Exercise: Below are entries; write every one of them out again exactly.

• • •

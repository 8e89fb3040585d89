//! A renamer: the program in which one symbol has another name, where no reference changes its symbol and no name that
//! others see changes; and all that the program `renamer` does, over any source and any sinks.
#![tactic(auto)]

mod analysed;
mod bearing;
mod differing;
mod error;
mod fixing;
mod given_names;
mod program;
mod refusal;
mod rename;
mod renaming;
mod request;
mod status;
mod stops;

pub use analysed::Analysed;
pub use bearing::is_bad_name;
pub use differing::first_difference;
pub use error::RenameError;
pub use fixing::first_fixed;
pub use given_names::GivenNames;
pub use program::run_rename;
pub use rename::rename_program;
pub use renaming::{renamed, with_names_in};
pub use status::RenameStatus;
pub use stops::USAGE;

• • •

Output of the exercise:
repository 8e89fb3040585d89
//! A renamer: the program in which one symbol has another name, where no reference changes its symbol and no name that
//! others see changes; and all that the program `renamer` does, over any source and any sinks.
#![tactic(auto)]

mod analysed;
mod bearing;
mod differing;
mod error;
mod fixing;
mod given_names;
mod program;
mod refusal;
mod rename;
mod renaming;
mod request;
mod status;
mod stops;

pub use analysed::Analysed;
pub use bearing::is_bad_name;
pub use differing::first_difference;
pub use error::RenameError;
pub use fixing::first_fixed;
pub use given_names::GivenNames;
pub use program::run_rename;
pub use rename::rename_program;
pub use renaming::{renamed, with_names_in};
pub use status::RenameStatus;
pub use stops::USAGE;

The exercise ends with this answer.